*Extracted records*
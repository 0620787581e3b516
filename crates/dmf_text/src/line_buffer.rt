//! Lines of written texts, made on the stack.
ghost use Rattle.std.specs.Prelude.{◌≡◌, ◌≤◌, ◌<◌, ◌+◌, ◌∷◌, ◌++◌, [], ℕ, List, length, drop, map, decimal};
ghost use Rattle.dmf_text.specs.Written.{written_line};

use itoa::write_digits;
use std::marker::Model;

/// A field of a line to write.
#[derive(Clone, Copy)]
pub enum LineField<'a> {
    /// These bytes.
    Text(&'a [u8]),
    /// A number, in decimal digits.
    Number(u64),
}

/// A line of at most 80 bytes, on the stack.
#[derive(Drop)]
pub struct LineBuffer {
    bytes: [u8; 80],
    start: usize,
}

impl Model for LineBuffer {
    ghost Value = { List ℕ };

    ghost view = { λ s. drop s.start s.bytes };

    ghost invariant = { λ s. s.start ≤ 80 };
}

impl LineBuffer {
    ghost use Rattle.dmf_text.specs.LineField.{field_bytes, most_bytes};

    // Makes the line that is only a line feed. `add` puts fields in front of it, the last one first.
    fn new() -> LineBuffer
        ensures { result ≡ 10 ∷ [] }
    {
        LineBuffer {
            bytes: [b'\n'; 80],
            start: 79,
        }
    }

    // Adds a field in front.
    #[inline(always)]
    fn add(&mut self, field: LineField<'_>)
        requires { most_bytes field + length self.old ≤ 80 }
        ensures text { self.new ≡ field_bytes field.entry ++ self.old }
        ensures len { length self.new ≤ most_bytes field.entry + length self.old }
    {
        match field {
            LineField::Text(text) => self.add_text(text),
            LineField::Number(number) => self.add_number(number),
        }
    }

    #[inline(always)]
    fn add_text(&mut self, text: &[u8])
        requires { length text.now + length self.old ≤ 80 }
        ensures { self.new ≡ text.now ++ self.old }
    {
        let end = self.start;
        self.start -= text.len();
        self.bytes[self.start..end].copy_from_slice(text);
    }

    // A call of its own keeps the loop of `line_of` small, so the compiler unrolls it.
    #[inline(never)]
    fn add_number(&mut self, number: u64)
        requires { 20 + length self.old ≤ 80 }
        ensures text { self.new ≡ decimal number ++ self.old }
        ensures len { length self.new ≤ 20 + length self.old }
    {
        self.start = write_digits(number, &mut self.bytes, self.start);
    }

    /// The line, with its line feed.
    pub fn as_bytes(&self) -> &[u8]
        ensures { result.now ≡ self.now }
    {
        &self.bytes[self.start..]
    }
}

ghost use Rattle.dmf_text.specs.LineField.{field_bytes, most_line_bytes};

/// Makes the line of these fields, with one space between each two, and a line feed. Takes no memory.
#[inline(always)]
pub fn line_of(fields: &[LineField<'_>]) -> LineBuffer
    requires { most_line_bytes fields.now < 80 }
    ensures { result ≡ written_line (map field_bytes fields.now) }
{
    let mut line = LineBuffer::new();
    for i in (0..fields.len()).rev() {
        if i + 1 < fields.len() {
            line.add_text(b" ");
        }
        line.add(fields[i]);
    }
    line
}
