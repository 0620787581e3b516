//! The lines of a problem text, of which arc lines in the usual form are read in one walk.
ghost use Rattle.std.specs.Prelude.{IfSome};
ghost use Rattle.dmf_text.specs.ProblemLine.{IsArcInFront};

use crate::numbers::number_before;

/// The numbers of an arc line.
#[derive(Clone, Copy)]
pub(crate) struct ArcLine {
    pub(crate) tail: u64,
    pub(crate) head: u64,
    pub(crate) cap: u64,
}

/// A line of a problem text.
#[derive(Clone, Copy)]
pub(crate) enum ProblemLine<'a> {
    /// An arc line, which is read.
    Arc(ArcLine),
    /// The bytes of any line.
    Bytes(&'a [u8]),
}

/// The arc line in front of a text, and the bytes behind it. `None` unless the line is `a TAIL HEAD CAP` with one space before each
/// number, short numbers, and a line feed.
pub(crate) fn arc_in_front(text: &[u8]) -> Option<(ArcLine, &[u8])>
    ensures { IfSome result (λ front. IsArcInFront text.now front.0.tail front.0.head front.0.cap front.1.now) }
{
    if text.len() < 2 || text[0] != b'a' || text[1] != b' ' {
        return None;
    }
    let (tail, behind) = number_before(b' ', &text[2..])?;
    let (head, behind) = number_before(b' ', behind)?;
    let (cap, behind) = number_before(b'\n', behind)?;
    Some((ArcLine { tail, head, cap }, behind))
}
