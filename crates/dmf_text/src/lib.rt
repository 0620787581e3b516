//! Texts of networks: lines, fields and numbers; sources and sinks of bytes; and problem, solution and cut texts.
#![tactic(auto)]

mod arc_line;
mod digits;
mod exact_fields;
mod fault;
mod field;
mod laws;
mod line;
mod line_buffer;
mod numbers;
mod pairs;
mod problem;
mod reader;
mod reading;
mod solution;
mod solution_reading;
mod terminal;
mod writer;
mod written;

pub use digits::{NumberFault, number};
pub use fault::{ProblemFault, ProblemFaultKind, SolutionFault, SolutionFaultKind};
pub use field::Fields;
pub use laws::accepted_is_state;
pub use line::Lines;
pub use line_buffer::{LineBuffer, LineField, line_of};
pub use problem::read_problem;
pub use reader::{Failed, Source, StdSource};
pub use solution::read_solution;
pub use writer::{Sink, StdSink, WriteFault, put_all};
pub use written::{write_cut, write_problem, write_solution};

*WHAT IS BEING ASKED*
Please copy out every entry exactly, with nothing omitted.

*WRITTEN REPLY*
repository 0620787581e3b516
filename crates/dmf_text/src/line_buffer.rt
//! Lines of written texts, made on the stack.
ghost use Rattle.std.specs.Prelude.{◌≡◌, ◌≤◌, ◌<◌, ◌+◌, ◌∷◌, ◌++◌, [], ℕ, List, length, drop, map, decimal};
ghost use Rattle.dmf_text.specs.Written.{written_line};

use itoa::write_digits;
use std::marker::Model;

/// A field of a line to write.
#[derive(Clone, Copy)]
pub enum LineField<'a> {
    /// These bytes.
    Text(&'a [u8]),
    /// A number, in decimal digits.
    Number(u64),
}

/// A line of at most 80 bytes, on the stack.
#[derive(Drop)]
pub struct LineBuffer {
    bytes: [u8; 80],
    start: usize,
}

impl Model for LineBuffer {
    ghost Value = { List ℕ };

    ghost view = { λ s. drop s.start s.bytes };

    ghost invariant = { λ s. s.start ≤ 80 };
}

impl LineBuffer {
    ghost use Rattle.dmf_text.specs.LineField.{field_bytes, most_bytes};

    // Makes the line that is only a line feed. `add` puts fields in front of it, the last one first.
    fn new() -> LineBuffer
        ensures { result ≡ 10 ∷ [] }
    {
        LineBuffer {
            bytes: [b'\n'; 80],
            start: 79,
        }
    }

    // Adds a field in front.
    #[inline(always)]
    fn add(&mut self, field: LineField<'_>)
        requires { most_bytes field + length self.old ≤ 80 }
        ensures text { self.new ≡ field_bytes field.entry ++ self.old }
        ensures len { length self.new ≤ most_bytes field.entry + length self.old }
    {
        match field {
            LineField::Text(text) => self.add_text(text),
            LineField::Number(number) => self.add_number(number),
        }
    }

    #[inline(always)]
    fn add_text(&mut self, text: &[u8])
        requires { length text.now + length self.old ≤ 80 }
        ensures { self.new ≡ text.now ++ self.old }
    {
        let end = self.start;
        self.start -= text.len();
        self.bytes[self.start..end].copy_from_slice(text);
    }

    // A call of its own keeps the loop of `line_of` small, so the compiler unrolls it.
    #[inline(never)]
    fn add_number(&mut self, number: u64)
        requires { 20 + length self.old ≤ 80 }
        ensures text { self.new ≡ decimal number ++ self.old }
        ensures len { length self.new ≤ 20 + length self.old }
    {
        self.start = write_digits(number, &mut self.bytes, self.start);
    }

    /// The line, with its line feed.
    pub fn as_bytes(&self) -> &[u8]
        ensures { result.now ≡ self.now }
    {
        &self.bytes[self.start..]
    }
}

ghost use Rattle.dmf_text.specs.LineField.{field_bytes, most_line_bytes};

/// Makes the line of these fields, with one space between each two, and a line feed. Takes no memory.
#[inline(always)]
pub fn line_of(fields: &[LineField<'_>]) -> LineBuffer
    requires { most_line_bytes fields.now < 80 }
    ensures { result ≡ written_line (map field_bytes fields.now) }
{
    let mut line = LineBuffer::new();
    for i in (0..fields.len()).rev() {
        if i + 1 < fields.len() {
            line.add_text(b" ");
        }
        line.add(fields[i]);
    }
    line
}
repository 0620787581e3b516
//! The lines of a problem text, of which arc lines in the usual form are read in one walk.
ghost use Rattle.std.specs.Prelude.{IfSome};
ghost use Rattle.dmf_text.specs.ProblemLine.{IsArcInFront};

use crate::numbers::number_before;

/// The numbers of an arc line.
#[derive(Clone, Copy)]
pub(crate) struct ArcLine {
    pub(crate) tail: u64,
    pub(crate) head: u64,
    pub(crate) cap: u64,
}

/// A line of a problem text.
#[derive(Clone, Copy)]
pub(crate) enum ProblemLine<'a> {
    /// An arc line, which is read.
    Arc(ArcLine),
    /// The bytes of any line.
    Bytes(&'a [u8]),
}

/// The arc line in front of a text, and the bytes behind it. `None` unless the line is `a TAIL HEAD CAP` with one space before each
/// number, short numbers, and a line feed.
pub(crate) fn arc_in_front(text: &[u8]) -> Option<(ArcLine, &[u8])>
    ensures { IfSome result (λ front. IsArcInFront text.now front.0.tail front.0.head front.0.cap front.1.now) }
{
    if text.len() < 2 || text[0] != b'a' || text[1] != b' ' {
        return None;
    }
    let (tail, behind) = number_before(b' ', &text[2..])?;
    let (head, behind) = number_before(b' ', behind)?;
    let (cap, behind) = number_before(b'\n', behind)?;
    Some((ArcLine { tail, head, cap }, behind))
}
filename crates/dmf_text/src/lib.rt
repository 0620787581e3b516
//! Texts of networks: lines, fields and numbers; sources and sinks of bytes; and problem, solution and cut texts.
#![tactic(auto)]

mod arc_line;
mod digits;
mod exact_fields;
mod fault;
mod field;
mod laws;
mod line;
mod line_buffer;
mod numbers;
mod pairs;
mod problem;
mod reader;
mod reading;
mod solution;
mod solution_reading;
mod terminal;
mod writer;
mod written;

pub use digits::{NumberFault, number};
pub use fault::{ProblemFault, ProblemFaultKind, SolutionFault, SolutionFaultKind};
pub use field::Fields;
pub use laws::accepted_is_state;
pub use line::Lines;
pub use line_buffer::{LineBuffer, LineField, line_of};
pub use problem::read_problem;
pub use reader::{Failed, Source, StdSource};
pub use solution::read_solution;
pub use writer::{Sink, StdSink, WriteFault, put_all};
pub use written::{write_cut, write_problem, write_solution};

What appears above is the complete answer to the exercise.